Complete the square twice to find that the center is $\left(- 3 , 1\right)$ and the radius is $2$.

#### Explanation:

The standard equation for a circle is:
${\left(x - h\right)}^{2} + {\left(y - k\right)}^{2} = {r}^{2}$
Where $\left(h , k\right)$ is the center and $r$ is the radius.

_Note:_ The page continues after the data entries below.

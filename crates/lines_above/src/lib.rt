// What is printed for the line's answer (02, W8): yes or no and how many herds were added up, or the refusal's line.
#![tactic(auto)]

ghost use Rattle.std.specs.Prelude.{◌+◌, ◌≤◌, length};
ghost use Rattle.base.specs.Wrote.{Wrote};
ghost use Rattle.decimal.specs.Rooms.{digits_most};
ghost use Rattle.refusal_line.specs.Rooms.{line_room};
ghost use Rattle.lines_above.specs.Lines.{counted, above_line, answer_line};

use above_line::{Above, LineAnswer};
use base::refusals::Refused;

// Room for any answer: a refusal's line is the longest.
pub const ANSWER_ROOM: usize = refusal_line::LINE_ROOM;

// A word with its comma, and the count behind it.
fn put_count(out: &mut [u8], word: &[u8], count: usize) -> usize
    requires { length word.now + digits_most + 2 ≤ length out.old }
    ensures { Wrote out.old 0 (counted word.now count) out.new result
        × (result ≤ length word.now + digits_most + 2) }
{
    let a = base::put(out, 0, word);
    let b = decimal::put_whole(out, a, count as u64);
    base::put(out, b, b"\r\n")
}

fn put_above(out: &mut [u8], above: Above) -> usize
    requires { line_room ≤ length out.old }
    ensures { Wrote out.old 0 (above_line above) out.new result × (result ≤ line_room) }
{
    match above {
        Above::Yes(count) => put_count(out, b"yes,", count),
        Above::No(count) => put_count(out, b"no,", count),
    }
}

pub fn put_answer(out: &mut [u8], answer: LineAnswer) -> usize
    requires { line_room ≤ length out.old }
    ensures { Wrote out.old 0 (answer_line answer) out.new result × (result ≤ line_room) }
{
    match answer {
        Ok(above) => put_above(out, above),
        Err(Refused(refusal, record)) => file_refusal_line::put_line(out, refusal, record),
    }
}
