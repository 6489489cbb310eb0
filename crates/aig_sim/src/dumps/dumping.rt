//! Dumps of a simulation.
ghost use Rattle.std.specs.Prelude.{◌≡◌, ◌++◌, [], IfErr};
ghost use Rattle.aig_bytes.specs.Bytes.{Writes};
ghost use Rattle.aig_sim.specs.Dumped.{Dumps};
ghost use Rattle.aig_sim.specs.state.Dumping.{ending};

use crate::dumps::header::circuit_header;
use crate::dumps::recorder::DumpRecorder;
use crate::dumps::text::write_time;
use crate::simulation::Simulation;
use crate::stimulus::fault::StimFault;
use aig_base::{Circuit, Io, Read, Write, write_all};
use std::alloc::Global;

/// Writes the end after so many frames.
pub fn write_end<W: Write>(out: &mut W, frames: u64) -> Result<(), Io>
    ensures { Writes W.written W.failures out.old out.new (ending frames) result }
{
    if frames == 0 {
        return Ok(());
    }
    write_time(out, frames)
}

/// Reads rows to the end, writes a value change dump of their frames (IEEE 1364), and returns how many there were
/// (`u64::MAX` for more). The header goes out before the first read. It keeps what `simulate` keeps, the header, and
/// for each signal its literal and two characters. It reserves all this before it writes the header. There is no limit
/// on frames. It flushes before each read. At a fault in line n the frames of the n - 1 rows before it are written,
/// without the line that ends a dump; where memory runs out, nothing was read or written.
pub fn dump<R: Read, W: Write>(
    alloc: Global,
    circuit: &Circuit,
    reader: &mut R,
    out: &mut W,
) -> Result<u64, StimFault>
    ensures dumped { Dumps circuit.now
        (record { left = R.left reader.old; reads = R.failures reader.old; writes = W.failures out.old })
        (record { left = R.left reader.new; reads = R.failures reader.new; writes = W.failures out.new })
        (W.written out.old) (W.written out.new) result }
    ensures memory { IfErr result (λ fault. fault ≡ StimFault.Memory → (reader.new ≡ reader.old)
        × (out.new ≡ out.old)) }
{
    let header = circuit_header(alloc, circuit)?;
    let recorder = DumpRecorder::new(alloc, circuit)?;
    let mut simulation = Simulation::new(alloc, circuit, recorder)?;
    write_all(out, header.as_slice())?;
    let frames = simulation.run(reader, out)?;
    write_end(out, frames)?;
    Ok(frames)
}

We want to get ${x}^{2} + 6 x + {y}^{2} - 2 y + 6 = 0$ into that format so we can identity the center and radius. To do so, we need to complete the square on the $x$ and $y$ terms separately. Starting with $x$:
$\left({x}^{2} + 6 x\right) + {y}^{2} - 2 y + 6 = 0$
$\left({x}^{2} + 6 x + 9\right) + {y}^{2} - 2 y + 6 = 9$
${\left(x + 3\right)}^{2} + {y}^{2} - 2 y + 6 = 9$

Now we can go ahead and subtract $6$ from both sides:
${\left(x + 3\right)}^{2} + {y}^{2} - 2 y = 3$

We are left to complete the square on the $y$ terms:
${\left(x + 3\right)}^{2} + \left({y}^{2} - 2 y\right) = 3$
${\left(x + 3\right)}^{2} + \left({y}^{2} - 2 y + 1\right) = 3 + 1$
${\left(x + 3\right)}^{2} + {\left(y - 1\right)}^{2} = 4$

The equation of this circle is therefore ${\left(x + 3\right)}^{2} + {\left(y - 1\right)}^{2} = 4$. Note this can be rewritten as ${\left(x - \left(- 3\right)\right)}^{2} + {\left(y - \left(1\right)\right)}^{2} = 4$, so the center $\left(h , k\right)$ is $\left(- 3 , 1\right)$. The radius is found by taking the square root of the number on the right side of the equation (which, in this case, is $4$). Doing so yields a radius of $2$.